Monday, August 29, 2011

Bolivia: I Am a Taxi by Deborah Ellis

Diego, a 12-year-old boy, lives as an “honorary” prisoner with his mom and Corina, his 3-year-old sister, in San Sebastian women’s prison in Cochabamba.  His father is a prisoner in the men’s counterpart to Diego’s dwelling.  Unlike Corina, Diego was not born in captivity. He reminisce about the days when he enjoyed the contentment of domestic life in the coca plantation their parents worked until the day they were framed for possession of coca paste and were imprisoned.

Prison in Cochabamba is a sui generis institution. The women in San Sebastian can keep their kids with them during their confinement, they are to provide for their families and themselves while imprisoned, and they must rent a cell if they do not want to sleep in the prison’s courtyard. In order to earn a few Bolivianos that would keep his family fed, Diego did homework for his classmates and worked tirelessly as a courier for the women in the prison. Diego had to hurdle rude guards, gangs, and glue sniffers in order to carry his work as a taxi: a burden too heavy to carry with 12-year-old muscles.

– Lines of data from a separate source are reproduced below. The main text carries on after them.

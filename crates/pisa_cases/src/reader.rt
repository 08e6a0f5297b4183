//! Files of cases, line by line.
use crate::bytes::{cut, is_listing, list, number};
use crate::case::{Case, Difference, ExpectedEnding, perform};
use crate::fault::LineFault;
use ss_base::{Bytes, MemShelf, Name};
use std::alloc::{AllocError, Global};
use std::mem;

/// What a line came to.
#[derive(Debug, Drop)]
pub enum Told {
    /// It is a part of a case, or stands between cases.
    Nothing,
    /// It ended a case, of which all came as it expects.
    Passed,
    /// It ended a case, or a command of one, that came otherwise.
    Failed(Difference),
    /// The case of this name has no `end`.
    NotEnded(String),
}

/// Where the next line stands.
#[derive(Clone, Copy, Debug, PartialEq, Eq)]
enum Place {
    /// Between cases.
    Between,
    /// In a case.
    Within,
    /// In a case that has failed or was refused, of which the rest is passed over.
    Over,
}

/// What the bytes are that are being listed.
#[derive(Debug, Drop)]
enum Block {
    /// None are.
    Nothing,
    /// Bytes that later cases can name.
    Defined(String),
    /// A file before the command.
    File(String),
    /// A file after it.
    Left(String),
    /// What standard output gets.
    Output,
    /// What standard error gets.
    Report,
}

/// A file of cases, as far as it was read.
#[derive(Drop)]
pub struct Reader {
    alloc: Global,
    place: Place,
    block: Block,
    bytes: Vec<u8>,
    defined: MemShelf,
    case: Case,
}

/// Adds a name.
fn push_name(alloc: Global, names: &mut Vec<String>, name: &str) -> Result<(), AllocError> {
    names.push(String::from_str(alloc, name)?)?;
    Ok(())
}

/// Puts bytes in their place in a case, or among those that are defined.
fn store(
    alloc: Global,
    case: &mut Case,
    defined: &mut MemShelf,
    block: Block,
    bytes: Vec<u8>,
) -> Result<(), LineFault> {
    match block {
        Block::Nothing => Ok(()),
        Block::Defined(name) => Ok(defined.add(name.as_str(), &bytes)?),
        Block::File(name) => store_file(alloc, case, name.as_str(), &bytes),
        Block::Left(name) => store_left(alloc, case, name.as_str(), &bytes),
        Block::Output => {
            case.expected.output = Some(Bytes::from_vec(bytes));
            Ok(())
        }
        Block::Report => {
            case.expected.report = Some(Bytes::from_vec(bytes));
            Ok(())
        }
    }
}

/// Puts a file on the shelf of a case, to stay as it is.
fn store_file(alloc: Global, case: &mut Case, name: &str, bytes: &[u8]) -> Result<(), LineFault> {
    case.shelf.add(name, bytes)?;
    store_left(alloc, case, name, bytes)
}

/// Expects a file after the command.
fn store_left(alloc: Global, case: &mut Case, name: &str, bytes: &[u8]) -> Result<(), LineFault> {
    case.held.add(name, bytes)?;
    Ok(push_name(alloc, &mut case.names, name)?)
}

/// Adds the words of a line, between single blanks.
fn add_words(alloc: Global, case: &mut Case, line: &str) -> Result<(), LineFault> {
    for word in line.split(' ') {
        push_name(alloc, &mut case.words, word)?;
    }
    Ok(())
}

/// Expects a status, and the words of an ending.
fn expect_ending(alloc: Global, case: &mut Case, line: &str) -> Result<(), LineFault> {
    let (status, words) = cut(line);
    let Ok(status) = u8::try_from(number(status)?) else {
        return Err(LineFault::Number);
    };
    let words = Name::from_string(String::from_str(alloc, words)?);
    case.expected.ending = Some(ExpectedEnding { status, words });
    Ok(())
}

/// Makes one call of the shelf or of a stream fail.
fn add_failure(case: &mut Case, line: &str) -> Result<(), LineFault> {
    let (part, call) = cut(line);
    let call = number(call)?;
    match part {
        "shelf" => Ok(case.shelf.fail_call(call)?),
        "output" => Ok(case.prog.fail_call(call)?),
        "report" => Ok(case.stat.fail_call(call)?),
        _ => Err(LineFault::Word),
    }
}

/// Does what a line of a case says that opens no bytes.
fn add_line(alloc: Global, case: &mut Case, word: &str, rest: &str) -> Result<(), LineFault> {
    match word {
        "words" => add_words(alloc, case, rest),
        "word" => Ok(push_name(alloc, &mut case.words, rest)?),
        "fail" => add_failure(case, rest),
        "ending" => expect_ending(alloc, case, rest),
        "absent" => Ok(push_name(alloc, &mut case.names, rest)?),
        _ => Err(LineFault::Word),
    }
}

/// The bytes that a line opens, if it does.
fn opened(alloc: Global, word: &str, rest: &str) -> Result<Option<Block>, AllocError> {
    Ok(match word {
        "file" => Some(Block::File(String::from_str(alloc, rest)?)),
        "left" => Some(Block::Left(String::from_str(alloc, rest)?)),
        "output" => Some(Block::Output),
        "report" => Some(Block::Report),
        _ => None,
    })
}

impl Reader {
    /// Nothing was read yet.
    pub fn new(alloc: Global) -> Reader {
        Reader {
            alloc,
            place: Place::Between,
            block: Block::Nothing,
            bytes: Vec::new(alloc),
            defined: MemShelf::new(alloc),
            case: Case::new(alloc, String::new(alloc)),
        }
    }

    /// The name of the last case.
    pub fn case_name(&self) -> &str {
        self.case.name.as_str()
    }

    /// Ends the list of bytes that is open, if one is.
    fn close(&mut self) -> Result<(), LineFault> {
        let block = mem::replace(&mut self.block, Block::Nothing);
        let bytes = mem::replace(&mut self.bytes, Vec::new(self.alloc));
        store(self.alloc, &mut self.case, &mut self.defined, block, bytes)
    }

    /// What is told of the case that is open, where one is, as it must not be.
    fn leave(&mut self) -> Told {
        if self.place != Place::Within {
            return Told::Nothing;
        }
        let name = mem::replace(&mut self.case.name, String::new(self.alloc));
        Told::NotEnded(name)
    }

    /// Begins a case.
    fn begin(&mut self, name: &str) -> Result<Told, LineFault> {
        let told = self.leave();
        self.place = Place::Over;
        self.close()?;
        self.case = Case::new(self.alloc, String::from_str(self.alloc, name)?);
        self.place = Place::Within;
        Ok(told)
    }

    /// Begins bytes that later cases can name.
    fn define(&mut self, name: &str) -> Result<Told, LineFault> {
        self.close()?;
        if self.place == Place::Within {
            return Err(LineFault::Inside);
        }
        self.block = Block::Defined(String::from_str(self.alloc, name)?);
        Ok(Told::Nothing)
    }

    /// Performs what was read of the case.
    fn perform(&mut self, passed: Told) -> Result<Told, LineFault> {
        self.close()?;
        match perform(self.alloc, &mut self.case)? {
            Some(difference) => Ok(Told::Failed(difference)),
            None => Ok(passed),
        }
    }

    /// Ends a case.
    fn end(&mut self) -> Result<Told, LineFault> {
        match self.place {
            Place::Between => Err(LineFault::Outside),
            Place::Over => {
                self.place = Place::Between;
                Ok(Told::Nothing)
            }
            Place::Within => {
                self.place = Place::Between;
                self.perform(Told::Passed)
            }
        }
    }

    /// Ends a command of a case, which goes on with a further one.
    fn then(&mut self) -> Result<Told, LineFault> {
        let told = self.perform(Told::Nothing)?;
        if matches!(told, Told::Failed(_)) {
            self.place = Place::Over;
        }
        self.case.go_on(self.alloc);
        Ok(told)
    }

    /// Does what a line within a case says.
    fn within(&mut self, word: &str, rest: &str) -> Result<Told, LineFault> {
        self.close()?;
        match opened(self.alloc, word, rest)? {
            Some(block) => self.block = block,
            None => add_line(self.alloc, &mut self.case, word, rest)?,
        }
        Ok(Told::Nothing)
    }

    /// Does what a line says that lists bytes.
    fn list(&mut self, word: &str, rest: &str) -> Result<Told, LineFault> {
        if matches!(self.block, Block::Nothing) {
            return Err(LineFault::NoBlock);
        }
        list(self.alloc, &mut self.bytes, word, rest, &self.defined)?;
        Ok(Told::Nothing)
    }

    /// Does what a line of a case says.
    fn inside(&mut self, word: &str, rest: &str) -> Result<Told, LineFault> {
        match self.place {
            Place::Between if is_listing(word) => self.list(word, rest),
            Place::Between => Err(LineFault::Outside),
            Place::Over => Ok(Told::Nothing),
            Place::Within if is_listing(word) => self.list(word, rest),
            Place::Within if word == "then" => self.then(),
            Place::Within => self.within(word, rest),
        }
    }

    /// Does what a line says, and passes over the rest of a case that is refused.
    pub fn line(&mut self, line: &str) -> Result<Told, LineFault> {
        let told = self.any_line(line);
        if told.is_err() && self.place == Place::Within {
            self.place = Place::Over;
        }
        told
    }

    fn any_line(&mut self, line: &str) -> Result<Told, LineFault> {
        let (word, rest) = cut(line);
        match word {
            "" => Ok(Told::Nothing),
            "#" => Ok(Told::Nothing),
            "define" => self.define(rest),
            "case" => self.begin(rest),
            "end" => self.end(),
            _ => self.inside(word, rest),
        }
    }

    /// Ends a file.
    pub fn at_end(&mut self) -> Result<Told, LineFault> {
        Ok(self.leave())
    }
}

Diego’s fenced environment resembles Bolivia’s lack of access to the sea. Once Diego realizes the impossibilities of breaking out of his reality and the unbearable length of his parents’ sentence, he decides to leave with his friend, Mondo, under the promise of a large amount of money. Instead of the way to riches, Mondo encounters a terrible death and Diego finds even more horrors working for cocaleros.

Deborah Ellis succeeds at showing us the anguish of child labor, the dreadful conditions of Diego’s life in San Sebastian women’s prison and his feelings of emptiness for not being able to share a life with both of his parents. Something I missed, however, was being able to appreciate Diego’s environment from a child’s point of view. Ellis’s Diego is too mature; it might be that the intention of the author was to eliminate childhood from his voice in the same way that childhood had been erased from his life. A Diego that could see the world through his 12-year-old eyes in spite of his maturity, or even supported by it, would have provided a fascinating narrative. I could see traces of this in Diego’s relationship with his sister Corina, and I was longing for an extension to the other realms of Diego’s subsistence. 

The book does not have an ending per se. After all Diego had gone through I needed closure, resolution. Especially because the author makes you feel Diego deserves it, as do all the Diegos and Mondos of Bolivia who have stepped on coca leaves, hazardous chemicals, and their own childhood while making coca paste.